What to work on => Please report each line in the material below that includes "struct".

--- Data section Enclosed Below ---

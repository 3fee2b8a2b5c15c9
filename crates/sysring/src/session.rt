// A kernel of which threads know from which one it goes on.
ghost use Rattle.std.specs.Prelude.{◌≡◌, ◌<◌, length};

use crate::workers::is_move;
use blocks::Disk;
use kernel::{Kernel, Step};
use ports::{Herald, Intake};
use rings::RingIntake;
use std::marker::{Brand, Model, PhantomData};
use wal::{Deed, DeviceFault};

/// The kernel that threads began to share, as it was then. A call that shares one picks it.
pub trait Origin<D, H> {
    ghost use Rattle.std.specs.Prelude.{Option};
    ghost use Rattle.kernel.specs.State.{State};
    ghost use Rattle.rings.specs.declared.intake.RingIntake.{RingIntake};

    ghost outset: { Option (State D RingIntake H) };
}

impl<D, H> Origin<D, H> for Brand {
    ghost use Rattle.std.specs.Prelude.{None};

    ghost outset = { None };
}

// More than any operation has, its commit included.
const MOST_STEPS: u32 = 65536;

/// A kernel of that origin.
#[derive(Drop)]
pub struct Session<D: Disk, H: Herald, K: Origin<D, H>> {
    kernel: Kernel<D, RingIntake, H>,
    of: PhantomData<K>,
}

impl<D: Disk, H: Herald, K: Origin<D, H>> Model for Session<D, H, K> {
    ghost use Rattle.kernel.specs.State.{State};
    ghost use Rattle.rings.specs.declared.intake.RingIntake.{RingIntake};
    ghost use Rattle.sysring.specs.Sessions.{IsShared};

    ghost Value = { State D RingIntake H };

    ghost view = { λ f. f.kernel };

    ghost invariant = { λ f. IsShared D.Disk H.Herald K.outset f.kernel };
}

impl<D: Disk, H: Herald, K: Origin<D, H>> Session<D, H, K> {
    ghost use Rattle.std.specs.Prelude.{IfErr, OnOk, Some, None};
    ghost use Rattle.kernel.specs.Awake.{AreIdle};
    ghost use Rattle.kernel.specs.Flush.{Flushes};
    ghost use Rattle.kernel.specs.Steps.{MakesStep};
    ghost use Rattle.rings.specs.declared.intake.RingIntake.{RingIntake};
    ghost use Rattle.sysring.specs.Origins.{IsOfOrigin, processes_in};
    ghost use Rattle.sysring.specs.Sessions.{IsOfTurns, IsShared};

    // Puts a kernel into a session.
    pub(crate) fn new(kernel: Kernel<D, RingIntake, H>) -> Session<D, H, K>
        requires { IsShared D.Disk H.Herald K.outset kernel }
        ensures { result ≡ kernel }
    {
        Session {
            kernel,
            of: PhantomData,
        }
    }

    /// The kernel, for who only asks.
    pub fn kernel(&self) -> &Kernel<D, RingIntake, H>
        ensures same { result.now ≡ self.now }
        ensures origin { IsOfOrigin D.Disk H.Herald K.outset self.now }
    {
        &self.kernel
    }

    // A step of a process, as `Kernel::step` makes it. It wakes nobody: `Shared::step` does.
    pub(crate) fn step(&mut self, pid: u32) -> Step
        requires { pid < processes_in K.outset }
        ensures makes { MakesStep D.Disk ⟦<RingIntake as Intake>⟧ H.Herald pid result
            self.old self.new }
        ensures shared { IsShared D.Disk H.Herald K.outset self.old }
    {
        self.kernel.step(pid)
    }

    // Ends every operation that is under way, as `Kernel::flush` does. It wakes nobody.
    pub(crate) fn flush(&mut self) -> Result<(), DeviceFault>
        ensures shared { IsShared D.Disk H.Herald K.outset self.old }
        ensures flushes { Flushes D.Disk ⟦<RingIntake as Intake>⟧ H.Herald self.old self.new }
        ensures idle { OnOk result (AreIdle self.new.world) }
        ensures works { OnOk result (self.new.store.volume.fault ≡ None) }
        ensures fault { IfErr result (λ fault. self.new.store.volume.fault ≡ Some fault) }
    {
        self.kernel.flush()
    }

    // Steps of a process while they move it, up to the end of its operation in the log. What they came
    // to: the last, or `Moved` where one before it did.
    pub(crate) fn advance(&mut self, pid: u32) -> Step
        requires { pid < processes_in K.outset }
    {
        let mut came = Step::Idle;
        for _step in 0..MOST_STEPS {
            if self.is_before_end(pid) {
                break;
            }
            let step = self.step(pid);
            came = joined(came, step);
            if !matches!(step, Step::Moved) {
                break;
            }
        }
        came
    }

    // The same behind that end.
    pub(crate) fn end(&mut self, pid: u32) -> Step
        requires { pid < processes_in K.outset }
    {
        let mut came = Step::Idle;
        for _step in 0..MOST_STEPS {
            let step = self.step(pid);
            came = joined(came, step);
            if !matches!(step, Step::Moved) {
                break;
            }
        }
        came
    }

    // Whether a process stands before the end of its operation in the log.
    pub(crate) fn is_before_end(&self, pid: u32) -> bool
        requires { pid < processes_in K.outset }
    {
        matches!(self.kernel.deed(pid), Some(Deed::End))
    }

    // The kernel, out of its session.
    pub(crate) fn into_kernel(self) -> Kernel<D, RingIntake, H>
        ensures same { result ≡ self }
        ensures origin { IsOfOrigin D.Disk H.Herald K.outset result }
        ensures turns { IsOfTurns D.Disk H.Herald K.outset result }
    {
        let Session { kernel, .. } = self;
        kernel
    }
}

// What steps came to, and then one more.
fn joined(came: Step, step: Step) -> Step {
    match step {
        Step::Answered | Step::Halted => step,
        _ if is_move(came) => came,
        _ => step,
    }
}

--- End of Enclosed Data section ---
--- Data section Enclosed Below ---

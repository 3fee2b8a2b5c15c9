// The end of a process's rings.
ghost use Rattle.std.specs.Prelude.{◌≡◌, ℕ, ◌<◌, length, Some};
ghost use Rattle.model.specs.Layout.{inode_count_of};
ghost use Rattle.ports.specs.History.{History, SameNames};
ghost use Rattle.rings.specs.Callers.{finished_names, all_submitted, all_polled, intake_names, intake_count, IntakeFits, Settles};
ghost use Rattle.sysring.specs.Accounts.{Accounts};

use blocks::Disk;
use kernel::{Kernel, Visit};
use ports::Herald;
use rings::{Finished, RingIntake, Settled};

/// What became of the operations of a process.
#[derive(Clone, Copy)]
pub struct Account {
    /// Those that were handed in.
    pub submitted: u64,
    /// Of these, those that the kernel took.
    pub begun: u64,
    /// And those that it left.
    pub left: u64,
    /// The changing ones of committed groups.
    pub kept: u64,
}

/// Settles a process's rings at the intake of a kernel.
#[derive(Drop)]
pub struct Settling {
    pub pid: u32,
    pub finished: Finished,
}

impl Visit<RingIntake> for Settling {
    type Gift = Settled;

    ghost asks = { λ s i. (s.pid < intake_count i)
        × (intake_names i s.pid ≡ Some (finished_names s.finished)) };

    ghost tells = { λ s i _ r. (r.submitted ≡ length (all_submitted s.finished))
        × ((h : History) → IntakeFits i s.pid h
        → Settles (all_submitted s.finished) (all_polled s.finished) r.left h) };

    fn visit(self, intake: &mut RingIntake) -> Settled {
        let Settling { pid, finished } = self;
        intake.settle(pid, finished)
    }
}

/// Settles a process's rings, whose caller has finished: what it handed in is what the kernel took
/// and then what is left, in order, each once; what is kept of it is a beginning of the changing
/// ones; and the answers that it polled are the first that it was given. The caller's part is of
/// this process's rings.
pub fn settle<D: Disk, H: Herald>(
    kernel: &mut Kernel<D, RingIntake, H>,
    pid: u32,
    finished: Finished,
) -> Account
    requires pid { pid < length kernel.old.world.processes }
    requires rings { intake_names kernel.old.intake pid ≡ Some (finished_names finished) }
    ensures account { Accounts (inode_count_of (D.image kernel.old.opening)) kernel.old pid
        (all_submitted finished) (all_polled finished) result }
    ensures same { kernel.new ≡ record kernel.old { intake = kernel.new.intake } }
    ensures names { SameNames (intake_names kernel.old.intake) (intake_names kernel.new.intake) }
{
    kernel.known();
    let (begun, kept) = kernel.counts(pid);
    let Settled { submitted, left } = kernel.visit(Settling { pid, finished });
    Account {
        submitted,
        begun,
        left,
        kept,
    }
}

--- End of Enclosed Data section ---

Completed task =>
pub struct Session<D: Disk, H: Herald, K: Origin<D, H>> {
pub struct Account {
pub struct Settling {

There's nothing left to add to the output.